The first Asturian narrative work printed independently was the 1875 novel Viaxe del tío Pacho el Sordo a Uviedo by Enriqueta González Rubín.'

==Scholars==
Other important writers were Francisco Bernaldo de Quirós Benavides, Xosefa Xovellanos, Xuan González Villar y Fuertes, Xosé Caveda y Nava, Xuan María Acebal, Teodoro Cuesta, Xosé Benigno García González, Marcos del Torniello, Bernardo Acevedo y Huelves, Pín de Pría, Galo Fernández, and Fernán Coronas.

In 1974, a symbolic year, a movement for the acceptance and usage of the language surfaced once again in Asturias. Based on the ideas of the Asturn association named Conceyu Bable regarding Asturian language and culture, an argument was devised for the acceptance and modernization of the language that led to the development of an official institution for establishing Asturian language norms. In 1980 the Academy of the Asturian Language was created with the approval of the Regional Council of Asturias (the transitory government body of Asturias).

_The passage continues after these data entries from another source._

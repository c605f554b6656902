//! What a fabric shows of its parts.

use xv_model::operations::EndConfig;

/// What a fabric shows of an END.
#[derive(Clone, Copy)]
pub struct QueueView {
    pub config: EndConfig,
    /// How many entries were written into its queue since it was configured.
    pub written: u64,
    /// How many entries were taken from its queue since it was configured.
    pub taken: u64,
    /// The state that coalesces its notifications (ESn), a pair.
    pub esn: u8,
    /// The state that coalesces its escalations (ESe), a pair.
    pub ese: u8,
}
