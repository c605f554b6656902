//! What a board's operations do to its memory.

ghost use Rattle.std.specs.Prelude.{◌≡◌, ◌∷◌, ℕ, List, length};
ghost use Rattle.xv_model.specs.declared.entries.Entry.{Entry};
ghost use Rattle.xv_model.specs.declared.operations.Op.TheVariants.{Zero};
ghost use Rattle.xv_model.specs.declared.outcomes.Outcome.TheVariants.{BadRange};
ghost use Rattle.xv_model.specs.account.Start.{Start};
ghost use Rattle.xv_model.specs.account.Outcomes.{IsWellFormed};
ghost use Rattle.xv_model.specs.end.Memory.{peek_outcome, zero_outcome};
ghost use Rattle.guest_ram.specs.Ram.{StandsFor};

use guest_ram::Ram;
use xv_model::outcomes::Outcome;

/// Looks at the word at an address: `BadRange` where no whole word of memory is there.
pub(crate) fn peek(ram: &Ram, addr: u64) -> Outcome
    ensures outcome { (z : Start) (h : List Entry)
        → StandsFor ram.now z h → result ≡ peek_outcome z h addr }
    ensures well_formed { IsWellFormed result }
{
    if ram.fits(addr, 4) {
        Outcome::Cell {
            word: ram.word(addr),
        }
    } else {
        Outcome::BadRange
    }
}

/// Makes `len` bytes zero, from an address on: `BadRange` where these aren't whole words of memory, and then
/// nothing changes.
pub(crate) fn zero(ram: &mut Ram, addr: u64, len: u64) -> Outcome
    ensures outcome { (z : Start) (h : List Entry)
        → StandsFor ram.old z h → result ≡ zero_outcome z.board addr len }
    ensures memory { (z : Start) (h : List Entry) (actor : ℕ) → StandsFor ram.old z h
        → StandsFor ram.new z
        (record { actor = actor; op = Zero addr len; outcome = result } ∷ h) }
    ensures refused { result ≡ BadRange → ram.new ≡ ram.old }
    ensures size { length ram.new ≡ length ram.old }
    ensures well_formed { IsWellFormed result }
{
    if !ram.fits(addr, len) {
        return Outcome::BadRange;
    }
    ram.zero(addr, len);
    Outcome::Fine
}
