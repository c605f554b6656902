//! The states of processors, as a hypervisor gets and sets them.

ghost use Rattle.std.specs.Prelude.{◌≡◌, ◌<◌, ◌∷◌, ℕ, ℤ, List, length, false};
ghost use Rattle.xv_model.specs.declared.entries.Entry.{Entry};
ghost use Rattle.xv_model.specs.declared.operations.Op.TheVariants.{VpSet};
ghost use Rattle.xv_model.specs.declared.outcomes.Outcome.TheVariants.{Code};
ghost use Rattle.xv_model.specs.account.Outcomes.{IsWellFormed};
ghost use Rattle.xv_model.specs.account.Start.{Start};
ghost use Rattle.xv_model.specs.call.Accepted.{is_success};
ghost use Rattle.xv_model.specs.device.Answers.{vp_state_code, vp_state_outcome};
ghost use Rattle.fabric_core.specs.Processors.{StandsFor};

use crate::processors::Processors;
use kvm_device::{set_vp_state, vp_state};
use xv_model::outcomes::Outcome;

impl Processors {
    /// The state of a processor, with what is in its backlog.
    pub fn state(&self, v: u32) -> Outcome
        requires { v < length self.now.vps.vps }
        ensures outcome { (z : Start) (h : List Entry) → StandsFor self.now z h → result ≡ vp_state_outcome z h v }
        ensures well_formed { IsWellFormed result }
    {
        vp_state(&self.vps, v)
    }

    /// Sets the state of a processor. Refused, it changes nothing.
    pub fn set_state(&mut self, v: u32, cppr: u8, ipb: u8) -> Outcome
        requires { v < length self.old.vps.vps }
        ensures outcome { (z : Start) (h : List Entry) → StandsFor self.old z h → result ≡ Code (vp_state_code z h v) }
        ensures stands { (z : Start) (h : List Entry) (actor : ℕ) → StandsFor self.old z h
            → StandsFor self.new z (record { actor = actor; op = VpSet v cppr ipb; outcome = result } ∷ h) }
        ensures refused { (code : ℤ) → result ≡ Code code → is_success code ≡ false → self.new ≡ self.old }
        ensures well_formed { IsWellFormed result }
        ensures processors { length self.new.vps.vps ≡ length self.old.vps.vps }
        ensures threads { length self.new.rings ≡ length self.old.rings }
    {
        Outcome::Code {
            code: set_vp_state(&mut self.vps, v, cppr, ipb),
        }
    }
}
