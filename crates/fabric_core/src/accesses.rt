//! What accesses to the TIMA do to the rings of threads.

ghost use Rattle.std.specs.Prelude.{◌≡◌, ◌≢◌, ◌<◌, ℕ, List, length};
ghost use Rattle.xv_model.specs.declared.entries.Entry.{Entry};
ghost use Rattle.xv_model.specs.declared.outcomes.MoveRefused.{MoveRefused};
ghost use Rattle.xv_model.specs.declared.outcomes.Outcome.TheVariants.{BadAccess, Refused};
ghost use Rattle.xv_model.specs.declared.tima.RingOp.TheVariants.{Load, SetCppr, Accept, Inject};
ghost use Rattle.xv_model.specs.account.Outcomes.{IsWellFormed};
ghost use Rattle.xv_model.specs.account.Start.{Start};
ghost use Rattle.xv_model.specs.processor.Accesses.{ring_outcome};
ghost use Rattle.tima_access.specs.Accesses.{IsInRing};
ghost use Rattle.fabric_core.specs.Processors.{StandsFor, StandsAfter};
ghost use Rattle.thread_context.specs.Ring.{is_valid};
ghost use Rattle.thread_context.specs.Rings.{ring_in};

use crate::processors::Processors;
use xv_model::outcomes::{MoveRefused, Outcome};
use xv_model::tima::{CAM_VALID, RingOp};

/// What is answered where no processor is on a thread.
const NO_CONTEXT: Outcome = Outcome::Refused {
    why: MoveRefused::NoContext,
};

impl Processors {
    /// Whether a processor is on a thread.
    fn is_on(&self, t: u32) -> bool
        requires thread { t < length self.now.rings }
        ensures { result ≡ is_valid (ring_in self.now.rings t).cam }
    {
        self.rings.get(t).cam >= CAM_VALID
    }

    /// Stores CPPR, where a processor is on the thread.
    fn set_cppr(&mut self, t: u32, value: u8) -> Outcome
        requires thread { t < length self.old.rings }
        ensures outcome { (z : Start) (h : List Entry) → StandsFor self.old z h → result ≡ ring_outcome z h t (SetCppr value) }
        ensures stands { StandsAfter self.old self.new t (SetCppr value) result }
        ensures refused { (why : MoveRefused) → result ≡ Refused why → self.new ≡ self.old }
        ensures good_access { result ≢ BadAccess }
        ensures well_formed { IsWellFormed result }
        ensures vps { self.new.vps ≡ self.old.vps }
        ensures threads { length self.new.rings ≡ length self.old.rings }
    {
        if !self.is_on(t) {
            return NO_CONTEXT;
        }
        self.rings.set_cppr(t, value);
        Outcome::Stored
    }

    /// Acknowledges, where a processor is on the thread.
    fn accept(&mut self, t: u32) -> Outcome
        requires thread { t < length self.old.rings }
        ensures outcome { (z : Start) (h : List Entry) → StandsFor self.old z h → result ≡ ring_outcome z h t Accept }
        ensures stands { StandsAfter self.old self.new t Accept result }
        ensures refused { (why : MoveRefused) → result ≡ Refused why → self.new ≡ self.old }
        ensures good_access { result ≢ BadAccess }
        ensures well_formed { IsWellFormed result }
        ensures vps { self.new.vps ≡ self.old.vps }
        ensures threads { length self.new.rings ≡ length self.old.rings }
    {
        if !self.is_on(t) {
            return NO_CONTEXT;
        }
        Outcome::Value {
            value: self.rings.accept(t) as u64,
        }
    }

    /// Makes a priority pending, where a processor is on the thread.
    fn inject(&mut self, t: u32, priority: u8) -> Outcome
        requires thread { t < length self.old.rings }
        ensures outcome { (z : Start) (h : List Entry) → StandsFor self.old z h → result ≡ ring_outcome z h t (Inject priority) }
        ensures stands { StandsAfter self.old self.new t (Inject priority) result }
        ensures refused { (why : MoveRefused) → result ≡ Refused why → self.new ≡ self.old }
        ensures good_access { result ≢ BadAccess }
        ensures well_formed { IsWellFormed result }
        ensures vps { self.new.vps ≡ self.old.vps }
        ensures threads { length self.new.rings ≡ length self.old.rings }
    {
        if !self.is_on(t) {
            return NO_CONTEXT;
        }
        self.rings.add_pending(t, priority);
        Outcome::Stored
    }

    /// What an access to a page of the TIMA answers that does this to the ring of a thread. A load changes nothing,
    /// nor does what is refused, as all but loads and pushes are where no processor is on the thread.
    pub fn access(&mut self, t: u32, op: RingOp) -> Outcome
        requires thread { t < length self.old.rings }
        requires inside { IsInRing op }
        ensures outcome { (z : Start) (h : List Entry) → StandsFor self.old z h → result ≡ ring_outcome z h t op }
        ensures stands { StandsAfter self.old self.new t op result }
        ensures loads { (at size : ℕ) → op ≡ Load at size → self.new ≡ self.old }
        ensures refused { (why : MoveRefused) → result ≡ Refused why → self.new ≡ self.old }
        ensures good_access { result ≢ BadAccess }
        ensures well_formed { IsWellFormed result }
        ensures processors { length self.new.vps.vps ≡ length self.old.vps.vps }
        ensures threads { length self.new.rings ≡ length self.old.rings }
    {
        match op {
            RingOp::Load { at, size } => Outcome::Value {
                value: self.rings.bytes(t, at, size),
            },
            RingOp::SetCppr { value } => self.set_cppr(t, value),
            RingOp::Accept => self.accept(t),
            RingOp::Inject { priority } => self.inject(t, priority),
            RingOp::Push { cam } => self.push(t, cam),
            RingOp::Pull => self.pull(t),
        }
    }
}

Besides this, there was unprecedented literary activity, a production that breaks away from the system of subordination, of costumbrism and gender limitation, el Surdimientu (the Awakening). Authors such as Manuel Asur (Cancios y poemes pa un riscar), Xuan Bello (El llibru vieyu), Adolfo Camilo Díaz (Añada pa un güeyu muertu), Pablo Antón Marín Estrada (Les hores), Xandru Fernández (Les ruines), Lourdes Álvarez, Martín López-Vega, Miguel Rojo, Lluis Antón González and dozens more appeared, amongst others who wrote in the language of these territories in line with contemporary trends and guidelines, breaking away from the Asturian-Leonese tradition of rural themes, moral messages and dialogue-style writing, to put Asturian language literature on the map.

Nowadays the Asturian language is a living reality within the territory of Asturias, with about 150 annual publications, while small communities speaking Asturian can also be found in areas not administratively in the Principality.